■ Exercise material

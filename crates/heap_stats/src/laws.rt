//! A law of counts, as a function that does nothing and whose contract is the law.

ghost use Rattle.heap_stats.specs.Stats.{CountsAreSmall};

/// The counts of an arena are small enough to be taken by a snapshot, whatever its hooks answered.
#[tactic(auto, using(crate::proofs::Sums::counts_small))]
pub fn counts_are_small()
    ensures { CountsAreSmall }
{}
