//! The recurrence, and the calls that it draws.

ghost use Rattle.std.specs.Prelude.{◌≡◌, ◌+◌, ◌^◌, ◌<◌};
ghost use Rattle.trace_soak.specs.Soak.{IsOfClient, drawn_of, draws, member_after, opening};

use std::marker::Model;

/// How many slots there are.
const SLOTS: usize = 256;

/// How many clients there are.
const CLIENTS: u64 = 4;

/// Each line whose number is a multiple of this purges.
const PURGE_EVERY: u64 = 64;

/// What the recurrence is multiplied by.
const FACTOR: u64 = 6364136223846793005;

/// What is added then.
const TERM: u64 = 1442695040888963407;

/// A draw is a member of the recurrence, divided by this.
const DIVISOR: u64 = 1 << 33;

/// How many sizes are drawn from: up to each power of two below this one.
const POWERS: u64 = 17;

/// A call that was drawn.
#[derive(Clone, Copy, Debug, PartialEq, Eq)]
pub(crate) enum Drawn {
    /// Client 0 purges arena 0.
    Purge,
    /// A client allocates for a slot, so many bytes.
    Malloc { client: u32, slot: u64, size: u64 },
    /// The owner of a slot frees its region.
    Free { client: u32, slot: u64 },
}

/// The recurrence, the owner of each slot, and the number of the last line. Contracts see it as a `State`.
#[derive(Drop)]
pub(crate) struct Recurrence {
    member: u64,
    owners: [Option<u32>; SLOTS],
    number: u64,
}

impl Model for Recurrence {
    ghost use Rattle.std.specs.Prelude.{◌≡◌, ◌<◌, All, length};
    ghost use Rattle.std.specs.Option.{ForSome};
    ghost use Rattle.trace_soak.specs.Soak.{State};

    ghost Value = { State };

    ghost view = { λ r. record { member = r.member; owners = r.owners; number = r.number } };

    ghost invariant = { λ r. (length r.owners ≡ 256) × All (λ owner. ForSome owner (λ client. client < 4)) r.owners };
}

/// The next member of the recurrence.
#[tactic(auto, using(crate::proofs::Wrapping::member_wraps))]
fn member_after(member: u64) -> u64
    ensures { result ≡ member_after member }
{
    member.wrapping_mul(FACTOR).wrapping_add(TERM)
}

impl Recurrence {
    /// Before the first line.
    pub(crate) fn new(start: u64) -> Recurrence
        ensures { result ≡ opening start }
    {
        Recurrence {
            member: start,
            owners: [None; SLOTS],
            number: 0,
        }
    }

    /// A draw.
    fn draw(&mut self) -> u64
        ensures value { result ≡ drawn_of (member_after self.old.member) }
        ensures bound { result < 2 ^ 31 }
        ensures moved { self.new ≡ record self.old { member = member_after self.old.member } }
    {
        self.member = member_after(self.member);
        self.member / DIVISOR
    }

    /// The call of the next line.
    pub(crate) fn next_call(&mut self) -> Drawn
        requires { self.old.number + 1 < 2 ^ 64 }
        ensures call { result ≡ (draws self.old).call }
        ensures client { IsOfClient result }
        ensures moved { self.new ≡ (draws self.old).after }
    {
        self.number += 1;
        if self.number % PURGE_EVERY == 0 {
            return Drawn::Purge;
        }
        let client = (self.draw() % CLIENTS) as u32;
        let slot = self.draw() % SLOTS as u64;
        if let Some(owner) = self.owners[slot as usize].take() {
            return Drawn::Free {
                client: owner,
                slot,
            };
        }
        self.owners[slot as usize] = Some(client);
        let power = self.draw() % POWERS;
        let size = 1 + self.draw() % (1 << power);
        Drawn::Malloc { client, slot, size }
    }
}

■ What is needed
Restate every entry exactly. Leave nothing out.

■ Output below
filename crates/heap_stats/src/laws.rt
//! A law of counts, as a function that does nothing and whose contract is the law.

ghost use Rattle.heap_stats.specs.Stats.{CountsAreSmall};

/// The counts of an arena are small enough to be taken by a snapshot, whatever its hooks answered.
#[tactic(auto, using(crate::proofs::Sums::counts_small))]
pub fn counts_are_small()
    ensures { CountsAreSmall }
{}
//! The recurrence, and the calls that it draws.

ghost use Rattle.std.specs.Prelude.{◌≡◌, ◌+◌, ◌^◌, ◌<◌};
ghost use Rattle.trace_soak.specs.Soak.{IsOfClient, drawn_of, draws, member_after, opening};

use std::marker::Model;

/// How many slots there are.
const SLOTS: usize = 256;

/// How many clients there are.
const CLIENTS: u64 = 4;

/// Each line whose number is a multiple of this purges.
const PURGE_EVERY: u64 = 64;

/// What the recurrence is multiplied by.
const FACTOR: u64 = 6364136223846793005;

/// What is added then.
const TERM: u64 = 1442695040888963407;

/// A draw is a member of the recurrence, divided by this.
const DIVISOR: u64 = 1 << 33;

/// How many sizes are drawn from: up to each power of two below this one.
const POWERS: u64 = 17;

/// A call that was drawn.
#[derive(Clone, Copy, Debug, PartialEq, Eq)]
pub(crate) enum Drawn {
    /// Client 0 purges arena 0.
    Purge,
    /// A client allocates for a slot, so many bytes.
    Malloc { client: u32, slot: u64, size: u64 },
    /// The owner of a slot frees its region.
    Free { client: u32, slot: u64 },
}

/// The recurrence, the owner of each slot, and the number of the last line. Contracts see it as a `State`.
#[derive(Drop)]
pub(crate) struct Recurrence {
    member: u64,
    owners: [Option<u32>; SLOTS],
    number: u64,
}

impl Model for Recurrence {
    ghost use Rattle.std.specs.Prelude.{◌≡◌, ◌<◌, All, length};
    ghost use Rattle.std.specs.Option.{ForSome};
    ghost use Rattle.trace_soak.specs.Soak.{State};

    ghost Value = { State };

    ghost view = { λ r. record { member = r.member; owners = r.owners; number = r.number } };

    ghost invariant = { λ r. (length r.owners ≡ 256) × All (λ owner. ForSome owner (λ client. client < 4)) r.owners };
}

/// The next member of the recurrence.
#[tactic(auto, using(crate::proofs::Wrapping::member_wraps))]
fn member_after(member: u64) -> u64
    ensures { result ≡ member_after member }
{
    member.wrapping_mul(FACTOR).wrapping_add(TERM)
}

impl Recurrence {
    /// Before the first line.
    pub(crate) fn new(start: u64) -> Recurrence
        ensures { result ≡ opening start }
    {
        Recurrence {
            member: start,
            owners: [None; SLOTS],
            number: 0,
        }
    }

    /// A draw.
    fn draw(&mut self) -> u64
        ensures value { result ≡ drawn_of (member_after self.old.member) }
        ensures bound { result < 2 ^ 31 }
        ensures moved { self.new ≡ record self.old { member = member_after self.old.member } }
    {
        self.member = member_after(self.member);
        self.member / DIVISOR
    }

    /// The call of the next line.
    pub(crate) fn next_call(&mut self) -> Drawn
        requires { self.old.number + 1 < 2 ^ 64 }
        ensures call { result ≡ (draws self.old).call }
        ensures client { IsOfClient result }
        ensures moved { self.new ≡ (draws self.old).after }
    {
        self.number += 1;
        if self.number % PURGE_EVERY == 0 {
            return Drawn::Purge;
        }
        let client = (self.draw() % CLIENTS) as u32;
        let slot = self.draw() % SLOTS as u64;
        if let Some(owner) = self.owners[slot as usize].take() {
            return Drawn::Free {
                client: owner,
                slot,
            };
        }
        self.owners[slot as usize] = Some(client);
        let power = self.draw() % POWERS;
        let size = 1 + self.draw() % (1 << power);
        Drawn::Malloc { client, slot, size }
    }
}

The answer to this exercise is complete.